21. Faced with the situation, the other argument of the Learned Counsel for the tenant that assuming the construction/alteration made by the tenant
is proved on record but it is not sufficient to infer that such alteration made by the tenant has actually impaired the value and utility of the building,
therefore, he cannot be ejected in this respect, again has no force. Because as discussed hereinabove, it has come into evidence that the tenant has
made construction and alteration and there is composite evidence on record that the same has materially impaired the value and utility of the
building.

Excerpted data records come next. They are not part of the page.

ghost use Rattle.std.specs.FinMap as finite;
ghost use Rattle.tree.specs.History.{winner};
ghost use Rattle.tree.specs.Outline.{marked_winner};
ghost use Rattle.std.specs.Prelude.{◌+◌, ◌<◌, ◌^◌, ◌↔◌, ◌≡◌, IfErr, IfOk, IfSome, IsTrue, List, None, OnOk, [], false, length, map, pos, true, ℕ, ⊤};
ghost use Rattle.sqlite.specs.Held.{state};
ghost use Rattle.sqlite.specs.State.{HasCleanDisk};
ghost use Rattle.sqlite_value.specs.Order.{Row};
ghost use Rattle.store.specs.Plain.{with_addition};
ghost use Rattle.store.specs.Writing.{addition_of, additions, writings_in};
ghost use Rattle.tables.specs.Edits.{HasWritten, IsWrite};
ghost use Rattle.tables.specs.Rows.{database_of_row, history_in_rows, number_of, sequence_of_database};
ghost use Rattle.tables.specs.Schema.{revs_tree};
ghost use Rattle.transactions.specs.Commits.{AreDue, IsUnwritten, KeepsOthers};
ghost use Rattle.transactions.specs.inner.Histories.{AreHeld, IsWith, stored_history};
ghost use Rattle.transactions.specs.inner.Following.{HasPlaceFor, IsReadFor, Serves};
ghost use Rattle.transactions.specs.Endings.{IsDone, IsUndone, Turns};
ghost use Rattle.transactions.specs.inner.Placed.{ArePlain};
ghost use Rattle.transactions.specs.Indexing.{AreAllIndexes, AreKnownIndexes, IsIndexedStore, IsSoundIndexed, write_in};
ghost use Rattle.index.specs.Indexed.{IsIndexed};
ghost use Rattle.index.specs.Shown.{declared};
ghost use Rattle.transactions.specs.inner.Calls.{Finds, LoadsAndWrites, OverStore, PlacesWrite, PutsWrite, WritesAll, WritesByHeld, open_in};

use crate::commit_fault::CommitFault;
use crate::document_write::{insert_first_write, insert_write};
use crate::histories::read_history;
use crate::indexing::{are_none, list_unknown, write_and_index};
use crate::postponing::catch_up;
use crate::seeing::find_winner;
use crate::winner_checks::{check_history, check_winner};
use crate::winners::make_history;
use couch_json::Got;
use index::Declaration;
use sqlite::{Alter, Connection, Transaction};
use std::alloc::Global;
use std::collections::{BTreeMap, BTreeSet};
use store::Write;
use tables::databases::advance_database;
use tables::transaction_reads::revision_rows_in;
use tree::{DocId, History, MarkedRev};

Above all, the impairment of the value and utility of the building has not to be seen from the view point of the tenant but from the angle of
the landlord who has so stated in an unequivocal terms.
22. Moreover, in the wake of appraisal and appreciation of oral as well as the documentary evidence brought on record by the parties, the
appellate authority has recorded a finding of fact based on evidence that alteration and construction made by the tenant in fact have materially
impaired the value and utility and the building has become unfit and unsafe for human habitation, such finding cannot possibly be set aside in
exercise of the revisional jurisdiction of this Court. Because, the scope of the revisional jurisdiction of this Court is very limited and is confined only
to testing the legality or propriety of the order under revision. It is now well settled proposition of law that this Court cannot legally appreciate or
re-appreciate the evidence to take a different view of the facts. It is not the province of this Court to dislodge the finding recorded by the appellate
authority unless the same is perverse, arbitrary and without jurisdiction. No such irregularity or patent illegality has been pointed out by the Learned
Counsel for the tenant in the impugned order of the appellate authority.
23. No other point worth consideration has been urged or pressed by the Learned Counsel for the parties.
24. In the light of the aforesaid reasons, the findings of the appellate authority are hereby affirmed. Consequently, as there is no merit, therefore, the
present revision petition is dismissed with no order as to costs in the obtaining circumstances of the case.